## RECORDS SUPPLIED
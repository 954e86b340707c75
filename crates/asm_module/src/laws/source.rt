//! Laws about whole sources: what their outlines and their statements keep. A law is a function that does nothing and whose clause is a
//! theorem.

ghost use Rattle.std.specs.Prelude.{◌≡◌, ◌≤◌, ℕ, All, Bool, List, None, Result, count_by, length};
ghost use Rattle.common.specs.declared.limits.TheConstants.{MOST_STATEMENTS};
ghost use Rattle.asm_expr.specs.Names.{AreCounted, Table};
ghost use Rattle.asm_names.specs.Circles.{TellsCircles, lines_named};
ghost use Rattle.asm_names.specs.Faults.{first_name_fault};
ghost use Rattle.asm_names.specs.Layout.{Layout, layout_of};
ghost use Rattle.asm_names.specs.Lines.{Taken, has_statement};
ghost use Rattle.asm_names.specs.Meanings.{externals};
ghost use Rattle.asm_names.specs.Names.{Names, names};
ghost use Rattle.asm_names.specs.Orders.Order.{IsOrder};
ghost use Rattle.asm_names.specs.Settles.{Settles, is_marked_circular};
ghost use Rattle.asm_names.specs.declared.settling.SettledNames.{SettledNames};
ghost use Rattle.asm_names.specs.declared.walk.Turn.{Turn};
ghost use Rattle.asm_module.specs.declared.statements.fault.StateFault.{StateFault};
ghost use Rattle.asm_module.specs.declared.statements.outlining.Outline.{Outline};
ghost use Rattle.asm_module.specs.declared.statements.stating.Stated.{Stated};
ghost use Rattle.asm_module.specs.Layouts.Laid.{HasFew, laid, statements};
ghost use Rattle.asm_module.specs.Layouts.Sizes.{sizes};
ghost use Rattle.asm_module.specs.Module.Stated.{AreStated};
ghost use Rattle.asm_module.specs.Outlines as source;
ghost use Rattle.asm_module.specs.Outlines.{IsOutline, no_layout, outline_table};
ghost use Rattle.asm_module.specs.Private.Sound.{AreSound, made_by};
ghost use Rattle.asm_module.specs.Program.Lines.{AreAt, program_of_lines};
ghost use Rattle.asm_module.specs.Program.Spelled.{IsLineOfText};
ghost use Rattle.asm_module.specs.Rules.Fitting.{FitsWord};
ghost use Rattle.asm_module.specs.Rules.Object.{AreObjectNames, AreObjectStatements};

use crate::laws::layout::{all_sized, kinds_anywhere, stated_as_laid};
use crate::laws::module::stated_by_names;
use crate::laws::program::statements_at_places;
use crate::laws::rules::statements_keep_rules;

/// If no line may not define its name, an object file may hold the names of the lines, and the lines have no more statements than a module
/// may have. Names that are settled before the statements have addresses give the layout of the source.
pub(crate) fn outlined()
    ensures few { (lines : List Taken) → first_name_fault lines ≡ None → count_by (λ l. has_statement l.line) lines ≤ MOST_STATEMENTS }
    ensures sized { (grow : Bool) (t : Table) (lines : List Taken) → first_name_fault lines ≡ None → length (statements grow t lines) ≤ MOST_STATEMENTS }
    ensures data { (lines : List Taken) → All (λ l. IsLineOfText l.line) lines → All HasFew lines }
    ensures names { (lines : List Taken) → first_name_fault lines ≡ None → All (λ l. IsLineOfText l.line) lines → AreObjectNames (names lines) }
    ensures tells { (lines : List Taken) (turns : List Turn) → IsOrder (length lines) (lines_named (names lines) lines) turns →
        TellsCircles (names lines) lines (is_marked_circular turns) }
    ensures layout { (grow : Bool) (lines : List Taken) (circle : ℕ → Bool) (layout : Layout) (unplaced : SettledNames) →
        Settles (names lines) lines circle no_layout unplaced → layout ≡ laid grow unplaced.names lines → layout ≡ source.layout grow lines circle }
{
    asm_names::laws::few();
    asm_names::laws::distinct();
    asm_names::laws::told();
    asm_spell::laws::few();
    asm_spell::laws::names();
    asm_stmt::laws::sizes();
}

/// What the outline of lines makes of them depends only on the lines. If they have no error, their statements have the sizes of the layout
/// and keep the rules of an object file, and at all addresses they are the program that the lines describe.
pub(crate) fn emitted()
    ensures answer { (grow : Bool) (lines : List Taken) (o : Outline) (given : Names) (r : Result Stated (ℕ × StateFault)) → IsOutline grow lines o →
        AreStated grow given o.settled.names (layout_of o.layout) lines r → AreStated grow given (outline_table lines o) (layout_of o.layout) lines r }
    ensures laid { (grow : Bool) (lines : List Taken) (o : Outline) → AreSound grow lines o → o.layout.statements.items ≡ sizes (made_by grow lines o) }
    ensures rules { (grow : Bool) (lines : List Taken) (o : Outline) → AreSound grow lines o → AreCounted o.settled.names → All FitsWord (made_by grow lines o) →
        AreObjectStatements grow (length (externals (names lines))) (made_by grow lines o) }
    ensures program { (grow : Bool) (lines : List Taken) (o : Outline) → AreSound grow lines o →
        AreAt (made_by grow lines o) (program_of_lines grow (outline_table lines o) (layout_of o.layout) lines) }
{
    asm_names::laws::few();
    asm_names::laws::refs();
    asm_names::laws::valued();
    asm_spell::laws::few();
    all_sized();
    kinds_anywhere();
    stated_as_laid();
    stated_by_names();
    statements_at_places();
    statements_keep_rules();
}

## GOAL OF THE EXERCISE
The lines to return are those in the entries above that include "turns".

## THE ANSWER
    ensures tells { (lines : List Taken) (turns : List Turn) → IsOrder (length lines) (lines_named (names lines) lines) turns →
        TellsCircles (names lines) lines (is_marked_circular turns) }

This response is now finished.